Apple CEO Timothy D. Cook has hinted the company could look into mobile payments, via TouchID, which was introduced on the iPhone 5s. "The mobile payments area in general is one that we've been intrigued with, and that was one of the thoughts behind Touch ID," Cook said on a Jan. 27 earnings call. "But we're not limiting ourselves just to that. So I don't have anything specific to announce today, but you can tell by looking at the demographics of our customers and the amount of commerce that goes through iOS devices vs. the competition that it's a big opportunity on the platform."

Apple's iTunes platform has more than 800 million accounts with credit cards linked to them, potentially making this a lucrative area for Apple. Forrester Research expects the U.S. mobile payments to reach $90 billion by 2017, indicating there is space for additional companies to enter the space.

As Apple moves into additional software and services, i.e. payments, shares could get a higher earnings multiple than are presently afforded to them. According to the report, payments-related companies trade at an average of 21 times 2015 earnings estimates, versus 12 times (excluding cash) for Apple. "If Apple can be viewed more as a payments enabler, accumulating data with the potential for multiple revenue streams, its multiple could benefit," Reitzes penned in the note.

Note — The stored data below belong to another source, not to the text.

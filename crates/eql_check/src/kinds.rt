//! Kinds, and which may stand where. An expression that is always null has none: the literal null, and an optional field
//! that the mapping doesn't have.
ghost use Rattle.std.specs.Prelude.{◌≡◌};
ghost use Rattle.std.specs.List.{list_all};
ghost use Rattle.eql_query.specs.View.{tree, trees};
ghost use Rattle.eql_values.specs.Fitting as fitting;
ghost use Rattle.eql_check.specs.Kinds as kinds;
ghost use Rattle.eql_check.specs.Truth.{is_literal_null};

use eql_query::{CmpOp, Expr, Exprs};
use eql_text::parse_ip4;
use eql_values::{Kind, Value};

fn same_kind(j: Kind, k: Kind) -> bool
    ensures { result ≡ fitting.same_kind j k }
{
    match (j, k) {
        (Kind::Bool, Kind::Bool) => true,
        (Kind::Long, Kind::Long) => true,
        (Kind::Text, Kind::Text) => true,
        (Kind::Ip, Kind::Ip) => true,
        _ => false,
    }
}

/// Whether an operand of the second kind may stand where the first is asked for.
pub(crate) fn may_be(asked: Kind, kind: Option<Kind>) -> bool
    ensures { result ≡ fitting.may_be asked kind }
{
    match kind {
        None => true,
        Some(kind) => same_kind(asked, kind),
    }
}

/// Whether operands of these kinds may stand beside each other.
pub(crate) fn alike(j: Option<Kind>, k: Option<Kind>) -> bool
    ensures { result ≡ kinds.alike j k }
{
    match j {
        None => true,
        Some(j) => may_be(j, k),
    }
}

fn kind_of_value(value: &Value) -> Option<Kind>
    ensures { result ≡ fitting.kind_of_value value.now }
{
    match value {
        Value::Null => None,
        Value::Bool(_) => Some(Kind::Bool),
        Value::Long(_) => Some(Kind::Long),
        Value::Text(_) => Some(Kind::Text),
        Value::Ip(_) => Some(Kind::Ip),
    }
}

/// Whether this is a text in quotes that is an IPv4 address.
fn is_address(expr: &Expr) -> bool
    ensures { result ≡ kinds.is_address (tree expr.now) }
{
    match expr {
        Expr::Str(text) => parse_ip4(text).is_some(),
        _ => false,
    }
}

fn are_addresses(kind: Option<Kind>, other: &Expr) -> bool
    ensures { result ≡ kinds.are_addresses kind (tree other.now) }
{
    match kind {
        Some(Kind::Ip) => is_address(other),
        _ => false,
    }
}

fn is_ordered(kind: Option<Kind>) -> bool
    ensures { result ≡ kinds.is_ordered kind }
{
    may_be(Kind::Long, kind) || may_be(Kind::Text, kind)
}

/// Whether a comparison takes two sides of these kinds.
pub(crate) fn can_compare(op: CmpOp, j: Option<Kind>, k: Option<Kind>, a: &Expr, b: &Expr) -> bool
    ensures { result ≡ kinds.can_compare op j k (tree a.now) (tree b.now) }
{
    match op {
        CmpOp::Eq | CmpOp::Ne => alike(j, k) || are_addresses(j, b) || are_addresses(k, a),
        _ => alike(j, k) && is_ordered(j) && is_ordered(k),
    }
}

/// Whether a value of this kind may equal the literal.
fn can_equal(kind: Option<Kind>, literal: &Value) -> bool
    ensures { result ≡ kinds.can_equal kind literal.now }
{
    match (kind, literal) {
        (None, _) => true,
        (Some(Kind::Ip), Value::Text(text)) => parse_ip4(text).is_some(),
        (Some(kind), _) => may_be(kind, kind_of_value(literal)),
    }
}

/// Whether a literal is a text or null.
fn is_text(literal: &Value) -> bool
    ensures { result ≡ kinds.is_text literal.now }
{
    match literal {
        Value::Text(_) | Value::Null => true,
        _ => false,
    }
}

fn are_texts(list: &[Value]) -> bool
    ensures { result ≡ list_all kinds.is_text list.now }
{
    list.iter().all(is_text)
}

fn can_equal_each(kind: Option<Kind>, list: &[Value]) -> bool
    ensures { result ≡ list_all (λ literal. kinds.can_equal kind literal) list.now }
{
    list.iter().all(|literal| can_equal(kind, literal))
}

/// Whether a value of this kind may be looked for among these literals.
pub(crate) fn can_be_among(fold: bool, kind: Option<Kind>, list: &[Value]) -> bool
    ensures { result ≡ kinds.can_be_among fold kind list.now }
{
    if fold {
        may_be(Kind::Text, kind) && are_texts(list)
    } else {
        can_equal_each(kind, list)
    }
}

/// Whether the expression is the literal `null`.
pub fn is_null(expr: &Expr) -> bool
    ensures { result ≡ is_literal_null (tree expr.now) }
{
    match expr {
        Expr::Null => true,
        _ => false,
    }
}

/// Whether a field stands in the expression.
#[cycle(holds)]
pub fn holds_field(expr: &Expr) -> bool
    ensures { result ≡ kinds.holds_field (tree expr.now) }
{
    match expr {
        Expr::Field(_) => true,
        Expr::Null | Expr::Bool(_) | Expr::Long(_) | Expr::Str(_) => false,
        Expr::Not(a) | Expr::Neg(a) | Expr::Pattern(_, a, _) | Expr::Member { left: a, .. } =>
            holds_field(a),
        Expr::Cmp(_, a, b) | Expr::Math(_, a, b) => holds_field(a) || holds_field(b),
        Expr::And(es) | Expr::Or(es) | Expr::Call { args: es, .. } => hold_field(es),
    }
}

#[cycle(holds)]
fn hold_field(exprs: &Exprs) -> bool
    ensures { result ≡ kinds.hold_field (trees exprs.now) }
{
    for item in exprs.items() {
        if holds_field(item) {
            return true;
        }
    }
    false
}
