//! The check of a query.
ghost use Rattle.std.specs.Prelude.{◌≡◌, ◌≢◌, ◌≤◌, ◌↔◌, Some, true, length, IsTrue, IfOk, IfErr};
ghost use Rattle.std.specs.List.{list_all};
ghost use Rattle.eql_query.specs.QueryTree.{query_tree, body_tree};
ghost use Rattle.eql_check.specs.Kinds.{kind_at};
ghost use Rattle.eql_check.specs.Conditions.{all_items as items_of, key_count as key_count_of};
ghost use Rattle.eql_check.specs.Used.{used_fields};
ghost use Rattle.eql_check.specs.Rules as rules_of;
ghost use Rattle.eql_check.specs.Rules.{first_broken, has_runs, limit_broken, stages_broken, whole_broken};
ghost use Rattle.eql_check.specs.Typing.{IsChecked};
ghost use Rattle.eql_check.specs.Answers.{Answers, Judges, fields_or};
ghost use Rattle.eql_check.specs.Entries.{terms_in};
ghost use Rattle.eql_check.specs.Wants.{check_memory};
ghost use Rattle.eql_check.specs.declared.refused.CheckRefused.TheVariants.{ManyFields, ManyKeys};

use crate::checked::Checked;
use crate::items::{check_items, check_keys};
use crate::keys::{check_counts, check_kinds};
use crate::limits::{check_pipes, check_span, check_stages};
use crate::mapping::Mapping;
use crate::parts::{all_items, key_count, shared_keys, span_of};
use crate::refused::CheckRefused;
use crate::used::{Used, add_key_names, add_names_of};
use eql_query::{Body, Query, Term, copy_query};
use eql_values::{Memory, NameKinds};
use std::alloc::Global;

/// The most items of a query.
const MOST_ITEMS: usize = 4_294_967_295;

/// The most keys.
const MOST_KEYS: usize = 8;

/// The most used fields.
const MOST_FIELDS: usize = 64;

/// The fields that a query uses.
#[tactic(auto, using(crate::proofs::FirstUses::entered_from_none))]
fn used<'q>(
    alloc: Global,
    mapping: &Mapping,
    query: &'q Query,
    items: &[&'q Term],
) -> Result<Used, Memory>
    requires { terms_in items.now ≡ items_of (body_tree query.now.body) }
    ensures { IfOk result
        (λ fields. fields ≡ used_fields (kind_at mapping.now) (query_tree query.now)) }
{
    let mut names = Vec::new(alloc);
    add_key_names(shared_keys(&query.body), &mut names)?;
    add_names_of(items, &mut names)?;
    let mut fields = Used::new(alloc);
    fields.add_all(mapping, &names)?;
    Ok(fields)
}

/// The stages of a query whose items keep their rules.
fn check_body(body: &Body) -> Result<(), CheckRefused>
    requires few { length (items_of (body_tree body.now)) ≤ 4294967295 }
    requires runs { list_all has_runs (items_of (body_tree body.now)) ≡ true }
    ensures { Judges result (stages_broken (body_tree body.now)) }
{
    match body {
        Body::Event(_) => Ok(()),
        Body::Sequence { items, .. } => check_stages(items.items()),
    }
}

/// A count as a refusal tells it.
fn counted(count: usize) -> i64
    ensures { result ≡ rules_of.capped_count count }
{
    i64::try_from(count).unwrap_or(i64::MAX)
}

/// At most 8 keys.
fn check_key_limit(body: &Body) -> Result<(), CheckRefused>
    ensures { Judges result (limit_broken 8 (key_count_of (body_tree body.now)) ManyKeys) }
{
    let count = key_count(body);
    if count <= MOST_KEYS {
        Ok(())
    } else {
        Err(CheckRefused::ManyKeys {
            count: counted(count),
        })
    }
}

/// At most 64 used fields.
fn check_field_limit(fields: &Used) -> Result<(), CheckRefused>
    ensures { Judges result (limit_broken 64 (length fields.now) ManyFields) }
{
    let count = fields.len();
    if count <= MOST_FIELDS {
        Ok(())
    } else {
        Err(CheckRefused::ManyFields {
            count: counted(count),
        })
    }
}

/// The rules of the whole query, once its items keep their own.
fn check_whole(
    alloc: Global,
    mapping: &Mapping,
    query: &Query,
    items: &[&Term],
    fields: &Used,
) -> Result<(), CheckRefused>
    requires items { terms_in items.now ≡ items_of (body_tree query.now.body) }
    requires few { length items.now ≤ 4294967295 }
    requires runs { list_all has_runs (terms_in items.now) ≡ true }
    requires fields { fields.now ≡ used_fields (kind_at mapping.now) (query_tree query.now) }
    ensures { Judges result (whole_broken (kind_at mapping.now) (query_tree query.now)) }
{
    check_counts(items)?;
    check_kinds(alloc, mapping, items)?;
    check_body(&query.body)?;
    check_key_limit(&query.body)?;
    check_field_limit(fields)?;
    check_span(span_of(&query.body))?;
    check_pipes(query.pipes.items())
}

/// The fields that a query uses, where it breaks no rule.
fn check_query(alloc: Global, query: &Query, mapping: &Mapping) -> Result<NameKinds, CheckRefused>
    requires { length (items_of (body_tree query.now.body)) ≤ 4294967295 }
    ensures { Answers result
        (fields_or (first_broken (kind_at mapping.now) (query_tree query.now))
        (used_fields (kind_at mapping.now) (query_tree query.now))) }
{
    let items = all_items(alloc, &query.body)?;
    check_keys(mapping, shared_keys(&query.body))?;
    check_items(alloc, mapping, &items)?;
    let fields = used(alloc, mapping, query, &items)?;
    check_whole(alloc, mapping, query, &items, &fields)?;
    Ok(fields.into_fields(alloc)?)
}

/// Checks a query against a mapping (EQL syntax reference: "Event queries", "Conditions", "Sequences"; EQL function
/// reference). The refusal is the first broken rule. The items are checked in the order of the text: of each its
/// condition, operands before their operator and left before right, then its own keys, then its runs; the keys after
/// `sequence by` come before the first item, and the until item is the last. At one node the order is
/// `UnknownFunction`, `Arity`, `Cidr`, `KindMismatch`, `FieldToField`. Then come the rules of the whole query:
/// `KeyCount`, `KeyKind`, `FewStages`, `ManyStages`, `ManyKeys`, `ManyFields`, `Span`, `Pipe`. Ask `can_check` first: a
/// query may have at most 4,294,967,295 items. `Memory` comes where memory ran out, whatever rule is broken.
pub fn check(alloc: Global, query: &Query, mapping: &Mapping) -> Result<Checked, CheckRefused>
    requires { length (items_of (query_tree query.now).body) ≤ 4294967295 }
    ensures checked { IfOk result
        (λ checked. IsChecked (kind_at mapping.now) (query_tree query.now)) }
    ensures query { IfOk result (λ checked. query_tree checked.query ≡ query_tree query.now) }
    ensures fields { IfOk result
        (λ checked. checked.fields ≡ used_fields (kind_at mapping.now) (query_tree query.now)) }
    ensures refused { IfErr result
        (λ rule. rule ≢ check_memory
        → first_broken (kind_at mapping.now) (query_tree query.now) ≡ Some rule) }
    ensures unchecked { IfErr result
        (λ rule. rule ≢ check_memory
        → ¬ IsChecked (kind_at mapping.now) (query_tree query.now)) }
{
    let fields = check_query(alloc, query, mapping)?;
    let copy = copy_query(alloc, query)?;
    Ok(Checked::of(copy, fields, mapping))
}

/// Whether a query has few enough items to be checked: at most 4,294,967,295, the until item counted.
pub fn can_check(query: &Query) -> bool
    ensures { IsTrue result ↔ length (items_of (query_tree query.now).body) ≤ 4294967295 }
{
    match &query.body {
        Body::Event(_) => true,
        Body::Sequence { items, until, .. } => {
            let count = items.items().len();
            if until.is_some() {
                count < MOST_ITEMS
            } else {
                count <= MOST_ITEMS
            }
        }
    }
}
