//! The functions of the language.
ghost use Rattle.std.specs.Prelude.{◌≡◌};
ghost use Rattle.eql_check.specs.Names.{function_of, has_folding, function_named};

use eql_values::Text;

/// A function of the language (EQL function reference).
#[derive(Clone, Copy, PartialEq, Eq)]
pub enum Function {
    /// `add(a, b)`
    Add,
    /// `subtract(a, b)`
    Subtract,
    /// `multiply(a, b)`
    Multiply,
    /// `divide(a, b)`
    Divide,
    /// `modulo(a, b)`
    Modulo,
    /// `length(s)`
    Length,
    /// `indexOf(s, t[, from])`
    IndexOf,
    /// `startsWith(s, t)`
    StartsWith,
    /// `endsWith(s, t)`
    EndsWith,
    /// `stringContains(s, t)`
    StringContains,
    /// `concat(a, ..)`
    Concat,
    /// `substring(s, a[, b])`
    Substring,
    /// `between(s, l, r[, greedy])`
    Between,
    /// `string(a)`
    String,
    /// `number(s)`
    Number,
    /// `cidrMatch(a, block, ..)`
    CidrMatch,
}

impl Function {
    /// The function that a call names; `fold` says that a `~` follows the name. `None` where there is no such
    /// function, or where it has no form with `~`.
    pub fn of(name: &Text, fold: bool) -> Option<Function>
        ensures { result ≡ function_of name.now fold }
    {
        let function = by_name(name)?;
        if fold && !function.folds() {
            None
        } else {
            Some(function)
        }
    }

    /// Whether the function has a form with `~`, which compares without regard to case.
    pub fn folds(self) -> bool
        ensures { result ≡ has_folding self }
    {
        matches!(
            self,
            Function::IndexOf
                | Function::StartsWith
                | Function::EndsWith
                | Function::StringContains
                | Function::Between
        )
    }
}

/// The function with this name.
fn by_name(name: &Text) -> Option<Function>
    ensures { result ≡ function_named name.now }
{
    match name.text() {
        "add" => Some(Function::Add),
        "subtract" => Some(Function::Subtract),
        "multiply" => Some(Function::Multiply),
        "divide" => Some(Function::Divide),
        "modulo" => Some(Function::Modulo),
        "length" => Some(Function::Length),
        "indexOf" => Some(Function::IndexOf),
        "startsWith" => Some(Function::StartsWith),
        "endsWith" => Some(Function::EndsWith),
        "stringContains" => Some(Function::StringContains),
        "concat" => Some(Function::Concat),
        "substring" => Some(Function::Substring),
        "between" => Some(Function::Between),
        "string" => Some(Function::String),
        "number" => Some(Function::Number),
        "cidrMatch" => Some(Function::CidrMatch),
        _ => None,
    }
}
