//! A hand that plays by itself on a hub, as a thread beside the conductor does.
ghost use Rattle.std.specs.Prelude.{◌≡◌, ◌≤◌};

use crate::opening::{fresh_lane, fresh_parts, source_over};
use crate::plans::plan_of;
use eql_hands::{NoGate, run_hand};
use eql_hub::{Bell, HandFault, Hub};
use eql_lane::Lane;
use eql_outside::MemSource;
use eql_stages::PlanReader;
use eql_values::Counts;
use std::alloc::Global;
use std::marker::Brand;
use std::sync::Wait;
use std::sync::ledger::{Blank, Ledger};
use std::test::Fail;

/// The query of the reference's example of pending sequences, and its events.
static QUERY: &[u8] =
    br#"sequence by user.name [process where process.name == "attrib"] [process where process.name == "bash"] [process where process.name == "cat"]"#;

static ELEVEN: &[u8] =
    br#"{"@timestamp":1000,"event":{"category":"process"},"user":{"name":"root"},"process":{"name":"attrib"}}
{"@timestamp":2000,"event":{"category":"process"},"user":{"name":"root"},"process":{"name":"attrib"}}
{"@timestamp":3000,"event":{"category":"process"},"user":{"name":"elkbee"},"process":{"name":"bash"}}
{"@timestamp":4000,"event":{"category":"process"},"user":{"name":"root"},"process":{"name":"bash"}}
{"@timestamp":5000,"event":{"category":"process"},"user":{"name":"root"},"process":{"name":"bash"}}
{"@timestamp":6000,"event":{"category":"process"},"user":{"name":"elkbee"},"process":{"name":"attrib"}}
{"@timestamp":7000,"event":{"category":"process"},"user":{"name":"root"},"process":{"name":"attrib"}}
{"@timestamp":8000,"event":{"category":"process"},"user":{"name":"elkbee"},"process":{"name":"bash"}}
{"@timestamp":9000,"event":{"category":"process"},"user":{"name":"root"},"process":{"name":"cat"}}
{"@timestamp":10000,"event":{"category":"process"},"user":{"name":"elkbee"},"process":{"name":"cat"}}
{"@timestamp":11000,"event":{"category":"process"},"user":{"name":"root"},"process":{"name":"cat"}}
"#;

/// What a further hand left: the counts of the lane, and the fault that it met.
#[derive(Drop)]
struct Played {
    counts: Counts,
    met: Option<HandFault>,
}

/// Makes a hub of one lane and of parts of three stages, and has a hand play there that was split off the first one.
fn play_alone<R: Wait, G: Ledger>(
    rt: &R,
    alloc: Global,
    lane: Lane<MemSource, PlanReader>,
    blank: Blank,
) -> Result<Played, Fail>
    requires { (blank.name ≡ G.name) × (blank.parts ≡ G.parts) × (16 ≤ G.parts) }
{
    let (_ledger, share) = blank.open::<G>();
    let parts = fresh_parts(alloc, 3, share)?;
    let lanes = vec![in alloc; lane]?;
    let Ok((hub, mut first)) = Hub::make(alloc, lanes, parts) else {
        return Err(Fail::new("no hub"));
    };
    let Ok(other) = hub.split_hand(alloc, &mut first) else {
        return Err(Fail::new("no hand"));
    };
    let (other, met) = run_hand(rt, &hub, &Bell::new(), other, 1, 4, &NoGate);
    hub.join_hand(&mut first, other);
    let (lanes, _) = hub.close(first);
    let Some(lane) = lanes.first() else {
        return Err(Fail::new("no lane"));
    };
    Ok(Played {
        counts: lane.counts(),
        met,
    })
}

/// Nobody else plays, so all that was read was read by this hand. No run is on, so it ends once there is nothing to do.
#[test]
fn a_hand_reads_a_lane_to_its_end(rt: HostRuntime) -> Result<(), Fail> {
    let alloc = rt.alloc();
    let plan = plan_of(alloc, QUERY)?;
    let lane = fresh_lane(alloc, &plan, source_over(alloc, ELEVEN)?, 0)?;
    let played = play_alone::<HostRuntime, Brand>(&rt, alloc, lane, Blank::new(16))?;
    assert!(rt; played.met.is_none());
    assert_eq!(rt; played.counts.lines, 11);
    assert_eq!(rt; played.counts.accepted, 11);
    Ok(())
}
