//! A search whose hands have to play steps: two shards of which each is read only once the other one is asked too.
ghost use Rattle.std.specs.Prelude.{◌≡◌, All, IfOk, None, length, true};
ghost use Rattle.eql_book.specs.Laws.{fresh_cut};
ghost use Rattle.eql_stages.specs.Planned.{line_of, planned_query};
ghost use Rattle.eql_hands_tests.specs.Fresh.{AreTwo};

use crate::meeting::{Flag, MeetingSource};
use crate::opening::{fresh_lane, source_over};
use crate::plans::plan_of;
use eql_book::Book;
use eql_conductor::{Run, RunPlan, Stop};
use eql_cut::CutHead;
use eql_hands::NoGate;
use eql_lane::Lane;
use eql_outside::{MemDisk, MemSink, Source};
use eql_search::{Rules, search};
use eql_stages::{Plan, PlanReader};
use eql_values::{BookCut, Holders, LineReader, Mark, Memory, NameKinds, PipeStates, Pipes, Text};
use std::alloc::Global;
use std::sync::atomic::{AtomicBool, Ordering};
use std::sync::{Arc, Wait};
use std::test::Fail;
use std::thread::Threads;

/// A plan of a run from the start, without cuts, over two shards in batches of 256.
fn run_plan(alloc: Global) -> RunPlan
    ensures batch { result.batch ≡ 256 }
    ensures every { result.every ≡ None }
    ensures mark { result.mark ≡ Mark.Start }
{
    RunPlan {
        batch: 256,
        every: None,
        head: CutHead {
            query: Text::of(String::new(alloc)),
            mapping: NameKinds::of(Vec::new(alloc)),
            tie: None,
            slack: 0,
            shards: 2,
        },
        mark: Mark::Start,
    }
}

/// A book with no pipes, to which nothing was added.
fn fresh_book(alloc: Global) -> Result<Book, Memory>
    ensures kept { IfOk result (λ book. book.kept ≡ fresh_cut book.pipes) }
    ensures whole { IfOk result (λ book. book.whole ≡ true) }
{
    let from = BookCut {
        found: 0,
        listed: 0,
        pipes: PipeStates::of(Vec::new(alloc)),
    };
    Book::new(alloc, Pipes::of(Vec::new(alloc)), from, false)
}

/// Searches two lanes for single events, with four hands and no checkpoint.
fn search_two<R: Threads + Wait + Sync, S: Source + Send + Sync>(
    rt: &R,
    alloc: Global,
    lanes: &mut Vec<Lane<S, PlanReader>>,
    sink: &mut MemSink,
) -> Result<(), Stop>
    requires two { AreTwo ⟦<PlanReader as LineReader>⟧.read_of lanes.old.items }
{
    let Ok(book) = fresh_book(alloc) else {
        return Err(Stop::Memory);
    };
    let plan = run_plan(alloc);
    let none = Holders::of(Vec::new(alloc));
    let rules = Rules {
        stages: 1,
        span: None,
    };
    let mut run: Run<MemDisk> = Run {
        plan,
        book,
        keep: None,
    };
    search(rt, alloc, lanes, rules, none, &mut run, 4, sink, &NoGate)
}

/// Lanes over two sources, the first one's shard 0 and the other one's 1.
fn two_lanes(
    alloc: Global,
    plan: &Plan,
    first: MeetingSource,
    second: MeetingSource,
) -> Result<Vec<Lane<MeetingSource, PlanReader>>, Fail>
    ensures { IfOk result (λ lanes. AreTwo ⟦<PlanReader as LineReader>⟧.read_of lanes.items) }
{
    let first = fresh_lane(alloc, plan, first, 0)?;
    let second = fresh_lane(alloc, plan, second, 1)?;
    Ok(vec![in alloc; first, second]?)
}

/// A flag that isn't raised.
fn flag(alloc: Global) -> Result<Flag, Fail> {
    match Arc::new(alloc, AtomicBool::new(false)) {
        Ok(flag) => Ok(flag),
        Err(_) => Err(Fail::new("no flag")),
    }
}

/// The same flag.
fn same(flag: &Flag) -> Result<Flag, Fail> {
    match Arc::try_clone(flag) {
        Ok(flag) => Ok(flag),
        Err(_) => Err(Fail::new("no flag")),
    }
}

/// A source over a text that meets another one.
fn meeting(
    alloc: Global,
    text: &[u8],
    mine: &Flag,
    other: &Flag,
    missed: &Flag,
) -> Result<MeetingSource, Fail> {
    Ok(MeetingSource {
        source: source_over(alloc, text)?,
        asked: false,
        mine: same(mine)?,
        other: same(other)?,
        missed: same(missed)?,
    })
}

/// The event of each shard.
static FIRST: &[u8] = b"{\"@timestamp\":1,\"event\":{\"category\":\"a\"}}\n";

static SECOND: &[u8] = b"{\"@timestamp\":2,\"event\":{\"category\":\"a\"}}\n";

/// Whoever asks one source first stays there until the other one is asked. So a conductor whose hands play no steps can't end.
#[test]
fn hands_of_a_search_play_steps(rt: HostRuntime) -> Result<(), Fail> {
    let alloc = rt.alloc();
    let (one, two, missed) = (flag(alloc)?, flag(alloc)?, flag(alloc)?);
    let plan = plan_of(alloc, b"any where true")?;
    let first = meeting(alloc, FIRST, &one, &two, &missed)?;
    let second = meeting(alloc, SECOND, &two, &one, &missed)?;
    let mut lanes = two_lanes(alloc, &plan, first, second)?;
    let mut sink = MemSink::new(alloc, Vec::new(alloc));
    let ended = search_two(&rt, alloc, &mut lanes, &mut sink);
    assert!(rt; matches!(ended, Ok(())));
    assert_eq!(rt; sink.bytes().as_slice(), b"1 [] 0:1\n2 [] 1:1\n".as_slice());
    assert!(rt; !missed.load(Ordering::SeqCst));
    Ok(())
}
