//! What refusals say.
ghost use Rattle.std.specs.Prelude.{◌≡◌, ◌++◌, IfOk, string_bytes};
ghost use Rattle.std.specs.Fmt.{decimal, signed_decimal};
ghost use Rattle.eql_check.specs.Messages.{printed_bytes, map_message, check_message};

use crate::mapping::MapRefused;
use crate::refused::CheckRefused;
use eql_values::{Memory, Text, push_shown};
use std::alloc::Global;

/// A line that ends with a name or a text of the input.
fn named(alloc: Global, start: &str, name: &Text) -> Result<String, Memory>
    ensures { IfOk result (λ line. string_bytes line ≡ start.now ++ printed_bytes name.now) }
{
    let mut line = String::from_str(alloc, start)?;
    push_shown(&mut line, name.text())?;
    Ok(line)
}

/// A line that ends with the number of an item.
fn of_item(alloc: Global, start: &str, item: u32) -> Result<String, Memory>
    ensures { IfOk result (λ line. string_bytes line ≡ start.now ++ decimal item) }
{
    let mut line = String::from_str(alloc, start)?;
    write!(line, "{item}")?;
    Ok(line)
}

/// A line that ends with a count.
fn of_count(alloc: Global, start: &str, count: i64) -> Result<String, Memory>
    ensures { IfOk result (λ line. string_bytes line ≡ start.now ++ signed_decimal count) }
{
    let mut line = String::from_str(alloc, start)?;
    write!(line, "{count}")?;
    Ok(line)
}

fn plain(alloc: Global, line: &str) -> Result<String, Memory>
    ensures { IfOk result (λ new. string_bytes new ≡ line.now) }
{
    Ok(String::from_str(alloc, line)?)
}

impl MapRefused {
    /// The line that tells of the refusal, without its end: `mapping:`, the name of the refusal and the name of the
    /// field. Control characters, separators of lines and marks of direction in it are written by escapes. `Memory`
    /// where memory ran out.
    pub fn message(&self, alloc: Global) -> Result<String, Memory>
        ensures { IfOk result (λ line. string_bytes line ≡ map_message self.now) }
    {
        match self {
            MapRefused::MapLong => plain(alloc, "mapping: MapLong"),
            MapRefused::MapSyntax => plain(alloc, "mapping: MapSyntax"),
            MapRefused::MapMany => plain(alloc, "mapping: MapMany"),
            MapRefused::MapKind { name } => named(alloc, "mapping: MapKind ", name),
            MapRefused::Memory => plain(alloc, "out of memory"),
        }
    }
}

impl CheckRefused {
    /// The line that tells of the refusal, without its end: `check:`, the name of the rule, and the name, text, item or
    /// count that belongs to it. Control characters, separators of lines and marks of direction in a name or a text are
    /// written by escapes. `Memory` where memory ran out.
    pub fn message(&self, alloc: Global) -> Result<String, Memory>
        ensures { IfOk result (λ line. string_bytes line ≡ check_message self.now) }
    {
        match self {
            CheckRefused::UnknownField { name } => named(alloc, "check: UnknownField ", name),
            CheckRefused::UnknownFunction { name } => named(alloc, "check: UnknownFunction ", name),
            CheckRefused::Arity { name } => named(alloc, "check: Arity ", name),
            CheckRefused::KindMismatch { item } => of_item(alloc, "check: KindMismatch ", *item),
            CheckRefused::FieldToField { item } => of_item(alloc, "check: FieldToField ", *item),
            CheckRefused::KeyCount { item } => of_item(alloc, "check: KeyCount ", *item),
            CheckRefused::KeyKind { item } => of_item(alloc, "check: KeyKind ", *item),
            CheckRefused::FewStages => plain(alloc, "check: FewStages"),
            CheckRefused::Runs { count } => of_count(alloc, "check: Runs ", *count),
            CheckRefused::ManyStages { count } => of_count(alloc, "check: ManyStages ", *count),
            CheckRefused::ManyKeys { count } => of_count(alloc, "check: ManyKeys ", *count),
            CheckRefused::ManyFields { count } => of_count(alloc, "check: ManyFields ", *count),
            CheckRefused::Span => plain(alloc, "check: Span"),
            CheckRefused::Pipe => plain(alloc, "check: Pipe"),
            CheckRefused::Cidr { text } => named(alloc, "check: Cidr ", text),
            CheckRefused::Memory => plain(alloc, "out of memory"),
        }
    }
}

The note comes one day after Pacific Crest Securities analyst Andy Hargreaves recommended taking profits going into the event, stating, "Unless next week's event details massive incremental profit opportunities, we are likely to downgrade AAPL's rating." However, Reitzes disagrees, stating that this "this cycle is obviously much bigger and more important than the last two - and shares could work well into CY15."